Nachdem die Polizei den beschlagnahmten Computer aus dem Rathaus Radolfzell technisch ausgewertet hat, steht den Ermittlungsbeamten die eigentliche Arbeit noch bevor. Es gilt, 600 Gesprächsdateien mit zum Teil längerer Dauer anzuhören und nach Hinweisen zu überprüfen, ob Oberbürgermeister Martin Staab gegen die Vertraulichkeit des Wortes verstoßen und damit eine Straftat begangen haben könnte. Dies hat auf Nachfrage Pressesprecher Andreas Mathy von der Staatsanwaltschaft Konstanz mitgeteilt.

Die E-Mail-Affäre in Radolfzell kam mit einem offenen Brief von 14 Stadträten Ende November vergangenen Jahres ins Rollen. In diesem Brief, der von der CDU-Fraktion formuliert und als "Weckruf" bezeichnet worden ist, warfen Stadträte von CDU, Freier Grüner Liste und SPD dem OB illegale Aufzeichnungen von Mitarbeitergesprächen vor. Bernhard Diehl als Fraktionssprecher der CDU bewertete diesen Vorgang "als Straftatbestand". Der Weckruf gipfelte dann auch in der Forderung: "Wenn illegale Gesprächsaufzeichnungen ohne Wissen des Mitarbeitenden von Vorgesetzten gefertigt werden, so gehört dies in unseren Augen von der Staatsanwaltschaft geprüft."
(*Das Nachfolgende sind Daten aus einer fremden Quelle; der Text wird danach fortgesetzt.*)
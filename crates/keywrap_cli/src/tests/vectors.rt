//! The lines of the published vectors, of tables with one changed vector, and over calls of which
//! one is damaged.

ghost use Rattle.std.specs.Prelude.{⊤};

use crate::fault::ProgramFault;
use crate::job::Direction;
use crate::toy_and_vectors::{run_drill, run_vectors, write_help};
use crate::vector_check::{Library, VectorCalls};
use crate::vector_report::{VectorsFault, report_on, vectors};
use key_wrap_core::Form;
use std::alloc::{AllocError, Global};
use std::process::Abort;
use std::test::Fail;
use test_doubles::{Narrow, STOPPINGS, Unflushed};
use test_vectors::{Algorithm, Vector, published};

const LINES: &str = "\
rfc3394 4.1 ok
rfc3394 4.2 ok
rfc3394 4.3 ok
rfc3394 4.4 ok
rfc3394 4.5 ok
rfc3394 4.6 ok
rfc5649 20 ok
rfc5649 7 ok
fips197 1 ok
fips197 2 ok
fips197 3 ok
fips197 4 ok
";

#[test]
fn writes_twelve_lines_that_say_ok(rt: HostRuntime) {
    let mut out = Vec::new(rt.alloc());
    assert!(rt; vectors::<Library, _>(rt.alloc(), &mut out) == Ok(true));
    assert!(rt; out.as_slice() == LINES.as_bytes() && out.len() == 169);
}

// If the last byte of one output is changed, only its line fails.
#[test]
fn says_failed_exactly_for_the_changed_vector(rt: HostRuntime) -> Result<(), Fail> {
    for changed in 0..published().len() {
        change_vector(&rt, rt.alloc(), changed)?;
    }
    Ok(())
}

fn change_vector(rt: &impl Abort, alloc: Global, changed: usize) -> Result<(), Fail> {
    let table = published();
    let vector = table.get(changed).ok_or("no such vector")?;
    let mut output = vector.output.to_vec(alloc)?;
    if let Some(last) = output.last_mut() {
        *last ^= 1;
    }
    let ok = format!(in alloc; "{} ok", vector.name)?;
    let failed = format!(in alloc; "{} failed", vector.name)?;
    let wanted = LINES.replace(alloc, ok.as_str(), failed.as_str())?;
    let report = report_on::<Library>(alloc, &table_with(alloc, &table, changed, &output)?)?;
    assert!(rt; report.text == wanted && !report.all_ok, "{}", report.text);
    Ok(())
}

// Returns the table with another output of one vector.
fn table_with<'a>(
    alloc: Global,
    vectors: &[Vector<'a>],
    changed: usize,
    output: &'a [u8],
) -> Result<Vec<Vector<'a>>, AllocError> {
    let mut table = Vec::new(alloc);
    for (at, vector) in vectors.iter().enumerate() {
        let output = if at == changed { output } else { vector.output };
        table.push(Vector { output, ..*vector })?;
    }
    Ok(table)
}

// The calls of this crate, but the last byte of what an unwrap or a decryption returns is changed.
#[derive(Clone, Copy)]
struct Damaged;

impl VectorCalls for Damaged {
    ghost gave = { λ _ _ _ _ _. ⊤ };

    fn call(
        alloc: Global,
        direction: Direction,
        algorithm: Algorithm,
        key: &[u8],
        input: &[u8],
    ) -> Result<Option<Vec<u8>>, AllocError> {
        let mut found = Library::call(alloc, direction, algorithm, key, input)?;
        if let (Direction::Unwrap, Some(bytes)) = (direction, &mut found) {
            if let Some(last) = bytes.last_mut() {
                *last ^= 1;
            }
        }
        Ok(found)
    }
}

#[test]
fn says_failed_where_the_way_back_is_damaged(rt: HostRuntime) -> Result<(), Fail> {
    let mut out = Vec::new(rt.alloc());
    assert!(rt; matches!(run_vectors::<Damaged, _>(rt.alloc(), &mut out), Ok(5)));
    let wanted = LINES.replace(rt.alloc(), " ok", " failed")?;
    assert!(rt; out.as_slice() == wanted.as_bytes());
    Ok(())
}

#[test]
fn ends_with_the_status_of_the_lines(rt: HostRuntime) {
    let mut out = Narrow::in_pieces(rt.alloc(), 7);
    assert!(rt; matches!(run_vectors::<Library, _>(rt.alloc(), &mut out), Ok(0)));
    assert!(rt; out.out() == LINES.as_bytes() && out.is_flushed);
    let mut narrow = Narrow::failing(rt.alloc(), 15);
    let done = run_vectors::<Library, _>(rt.alloc(), &mut narrow);
    assert!(rt; matches!(done, Err(ProgramFault::Write { written: 15 })));
    assert!(rt; !narrow.is_flushed);
}

#[test]
fn counts_the_bytes_at_each_write_that_stops(rt: HostRuntime) {
    for room in 0..=LINES.len() {
        for (stop, faults) in &STOPPINGS {
            let mut out = Narrow::stopping(rt.alloc(), room, *stop, *faults);
            let done = vectors::<Library, _>(rt.alloc(), &mut out);
            let wanted = if room < LINES.len() {
                Err(VectorsFault::Write { written: room })
            } else {
                Ok(true)
            };
            assert!(rt; done == wanted, "{stop:?} at byte {room}");
            assert!(rt;
                Some(out.out()) == LINES.as_bytes().get(..room),
                "byte {room}"
            );
        }
    }
}

// `rt try --test --fail-alloc N` refuses the Nth allocation; the gate refuses none.
#[test]
fn refuses_each_growth_of_the_vectors(rt: HostRuntime) {
    let mut room = [0; 256];
    let mut free = room.as_mut_slice();
    let done = vectors::<Library, _>(rt.alloc(), &mut free);
    let written = 256_usize.saturating_sub(free.len());
    if done == Err(VectorsFault::Memory) {
        assert!(rt; written == 0);
    } else {
        assert!(rt; done == Ok(true) && room.get(..written) == Some(LINES.as_bytes()));
    }
}

#[test]
fn a_flush_that_fails_is_a_fault(rt: HostRuntime) {
    let (mut out, padded, wrap) = (Unflushed, Form::Padded, Direction::Wrap);
    let failed = [
        run_vectors::<Library, _>(rt.alloc(), &mut out),
        run_drill(rt.alloc(), padded, wrap, "00", &mut out),
        write_help("help", &mut out),
    ];
    for done in &failed {
        assert!(rt; matches!(done, Err(ProgramFault::Flush)));
    }
}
Nach Recherchen dieser Zeitung kam an die Öffentlichkeit, dass der Auslöser für diesen Weckruf eine Auseinandersetzung zwischen OB Staab und Bürgermeisterin Monika Laule war. Staab hatte in einer E-Mail an die Sozial-Dezernentin mit einer Gesprächsaufzeichnung gedroht und die Beigeordnete der Lüge bezichtigt. Diesen Schriftwechsel aus der Chefetage im Rathaus bekamen auch die Fraktionsvorsitzenden zur Kenntnis. Staab räumte die Existenz der E-Mail ein, bestreitet aber, dass es tatsächlich eine Gesprächsaufzeichnung gegeben habe: "Es gibt keine Tonbandaufzeichnung eines Gespräches, dem ich beigewohnt habe." Diese Erklärung gab der OB auch beim Neujahrsempfang im Milchwerk ab.

Ende Januar hatte sich die Staatsanwaltschaft Konstanz dann nach ihren Voruntersuchungen dazu entschlossen, ein förmliches Ermittlungsverfahren gegen OB Martin Staab einzuleiten, wegen "des Verdachts der Verletzung der Vertraulichkeit des Wortes". Mit der Einleitung des förmlichen Ermittlungsverfahrens wurden Mitarbeiter der Stadtverwaltung als Zeugen befragt und ein Computer im Rathaus Radolfzell beschlagnahmt, auf dem sich Protokolle und Gesprächsdateien befinden.

Bei der Überprüfung des Computers hat die Kriminaltechnik nun 600 Gesprächsdateien gefunden. Zu diesen Dateien zählen auch elektronisch aufgenommene Protokolle der Gemeinderatssitzungen. Die Staatsanwaltschaft wolle sich nicht vorwerfen lassen, dass man Ermittlungen unterlassen hätte. Deshalb sollen alle 600 Gesprächsdateien abgehört werden. "Das wird einige Monate in Anspruch nehmen", kündigt Andreas Mathy als Sprecher der Staatsanwaltschaft Konstanz an. Deshalb sei nicht mit einem schnellen Abschluss des Ermittlungsverfahrens zu rechnen.